┌─ TASK INPUTS

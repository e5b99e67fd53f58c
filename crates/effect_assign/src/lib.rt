// Assign and ImmutableCapture: what is frozen or copied gets a number of its own under a key, anything else the source's set.
#![tactic(auto)]

ghost use Rattle.std.specs.Prelude.{◌≡◌, List, ℕ};
ghost use Rattle.def_effects.specs.Effects.{AliasingEffect as Effect};
ghost use Rattle.def_transfer.specs.Monad.{ok, M, Done};
ghost use Rattle.def_transfer.specs.Tables.{World as Worlds};
ghost use Rattle.def_transfer.specs.Step as Step;
ghost use Rattle.laws_monad.specs.Answers.{answers};
ghost use Rattle.lent_layout.specs.Context.{ContextWords};
ghost use Rattle.lent_world.specs.World.{lent};
ghost use Rattle.effect_create.specs.Creations.{numbered, assigned, assigning};
ghost use Rattle.effect_parts.specs.Parts.{beside};
ghost use Rattle.lent_world.specs.Promise.{seen, Kept, Does, Untouched};

use def_effects::Place;
use def_kinds::AbstractValue;
use def_refusals::{Refusal, Verdict};
use effect_number::get_or_create_value_id;
use effect_parts::{begin, create, emit, kind, kind_with_span};
use lent_effects::AliasingEffect;
use lent_key_of::two_key;
use lent_keys::WholeKey;
use lent_world::World;

// An ImmutableCapture is listed, unless its source is Primitive or Global.
// The access is recorded without a span.
pub fn capturing_immutably(world: &mut World, from: Place, into: Place)
    ensures kept { Kept world.old world.new }
    ensures does { (again : Effect → M (Worlds lent) Done)
        → Step.capturing_immutably again from into (seen world.old) ≡ ok tt (seen world.new) }
{
    let a = kind(world, from.identifier);
    if a.kind.is_copied() {
        return;
    }
    emit(world, AliasingEffect::ImmutableCapture { from, into }, &[]);
}

// A place gets the number under a key of two places, with a value.
// Assign of what is frozen or copied ends so.
pub fn number_and_create(
    world: &mut World,
    code: u32,
    from: Place,
    into: Place,
    a: AbstractValue,
) -> Verdict
    ensures kept { Kept world.old world.new }
    ensures does { Does (numbered code from into a) world.old world.new result }
{
    let number = get_or_create_value_id(world, WholeKey::new(two_key(code, from, into), &[]))?;
    create(world, into, number, a);
    Ok(())
}

// An Assign of what is not frozen: what is copied gets a number of its own, else the place gets the source's set and the effect is listed.
// Assign of Global or Primitive lists nothing.
pub fn assign_rest(world: &mut World, from: Place, into: Place, a: AbstractValue) -> Verdict
    ensures kept { Kept world.old world.new }
    ensures does { Does (assigned from into a) world.old world.new result }
{
    if a.kind.is_copied() {
        return number_and_create(world, 19, from, into, a);
    }
    state_assign::assign(world.values, world.sets, into.identifier, from.identifier);
    emit(world, AliasingEffect::Assign { from, into }, &[]);
    Ok(())
}

// An Assign begins: its destination is initialized, and the source's kind is looked at, with its span.
// 6 refuses a destination that already began. Context and output list are not looked at: it is the same beside any others.
pub fn begin_assign(world: &mut World, from: Place, into: Place) -> Result<AbstractValue, Refusal>
    ensures kept { Kept world.old world.new }
    ensures untouched { Untouched world.old world.new }
    ensures does { (again : Effect → M (Worlds lent) Done)
        → Step.assigning again from into (seen world.old)
        ≡ answers result (λ a. assigning again from into a (seen world.new)) (seen world.new) }
    ensures elsewhere { (again : Effect → M (Worlds lent) Done) (c : ContextWords) (os : List ℕ)
        → Step.assigning again from into (beside c os world.old)
        ≡ answers result (λ a. assigning again from into a (beside c os world.new)) (beside c os world.new) }
{
    begin(world, into.identifier)?;
    Ok(kind_with_span(world, from.identifier, from.span))
}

└─

▶ [ABOUT THIS EXERCISE] Give the records back in full, word for word.

▶ [SOLUTION]
repository e5b99e67fd53f58c
filename crates/effect_assign/src/lib.rt
// Assign and ImmutableCapture: what is frozen or copied gets a number of its own under a key, anything else the source's set.
#![tactic(auto)]

ghost use Rattle.std.specs.Prelude.{◌≡◌, List, ℕ};
ghost use Rattle.def_effects.specs.Effects.{AliasingEffect as Effect};
ghost use Rattle.def_transfer.specs.Monad.{ok, M, Done};
ghost use Rattle.def_transfer.specs.Tables.{World as Worlds};
ghost use Rattle.def_transfer.specs.Step as Step;
ghost use Rattle.laws_monad.specs.Answers.{answers};
ghost use Rattle.lent_layout.specs.Context.{ContextWords};
ghost use Rattle.lent_world.specs.World.{lent};
ghost use Rattle.effect_create.specs.Creations.{numbered, assigned, assigning};
ghost use Rattle.effect_parts.specs.Parts.{beside};
ghost use Rattle.lent_world.specs.Promise.{seen, Kept, Does, Untouched};

use def_effects::Place;
use def_kinds::AbstractValue;
use def_refusals::{Refusal, Verdict};
use effect_number::get_or_create_value_id;
use effect_parts::{begin, create, emit, kind, kind_with_span};
use lent_effects::AliasingEffect;
use lent_key_of::two_key;
use lent_keys::WholeKey;
use lent_world::World;

// An ImmutableCapture is listed, unless its source is Primitive or Global.
// The access is recorded without a span.
pub fn capturing_immutably(world: &mut World, from: Place, into: Place)
    ensures kept { Kept world.old world.new }
    ensures does { (again : Effect → M (Worlds lent) Done)
        → Step.capturing_immutably again from into (seen world.old) ≡ ok tt (seen world.new) }
{
    let a = kind(world, from.identifier);
    if a.kind.is_copied() {
        return;
    }
    emit(world, AliasingEffect::ImmutableCapture { from, into }, &[]);
}

// A place gets the number under a key of two places, with a value.
// Assign of what is frozen or copied ends so.
pub fn number_and_create(
    world: &mut World,
    code: u32,
    from: Place,
    into: Place,
    a: AbstractValue,
) -> Verdict
    ensures kept { Kept world.old world.new }
    ensures does { Does (numbered code from into a) world.old world.new result }
{
    let number = get_or_create_value_id(world, WholeKey::new(two_key(code, from, into), &[]))?;
    create(world, into, number, a);
    Ok(())
}

// An Assign of what is not frozen: what is copied gets a number of its own, else the place gets the source's set and the effect is listed.
// Assign of Global or Primitive lists nothing.
pub fn assign_rest(world: &mut World, from: Place, into: Place, a: AbstractValue) -> Verdict
    ensures kept { Kept world.old world.new }
    ensures does { Does (assigned from into a) world.old world.new result }
{
    if a.kind.is_copied() {
        return number_and_create(world, 19, from, into, a);
    }
    state_assign::assign(world.values, world.sets, into.identifier, from.identifier);
    emit(world, AliasingEffect::Assign { from, into }, &[]);
    Ok(())
}

// An Assign begins: its destination is initialized, and the source's kind is looked at, with its span.
// 6 refuses a destination that already began. Context and output list are not looked at: it is the same beside any others.
pub fn begin_assign(world: &mut World, from: Place, into: Place) -> Result<AbstractValue, Refusal>
    ensures kept { Kept world.old world.new }
    ensures untouched { Untouched world.old world.new }
    ensures does { (again : Effect → M (Worlds lent) Done)
        → Step.assigning again from into (seen world.old)
        ≡ answers result (λ a. assigning again from into a (seen world.new)) (seen world.new) }
    ensures elsewhere { (again : Effect → M (Worlds lent) Done) (c : ContextWords) (os : List ℕ)
        → Step.assigning again from into (beside c os world.old)
        ≡ answers result (λ a. assigning again from into a (beside c os world.new)) (beside c os world.new) }
{
    begin(world, into.identifier)?;
    Ok(kind_with_span(world, from.identifier, from.span))
}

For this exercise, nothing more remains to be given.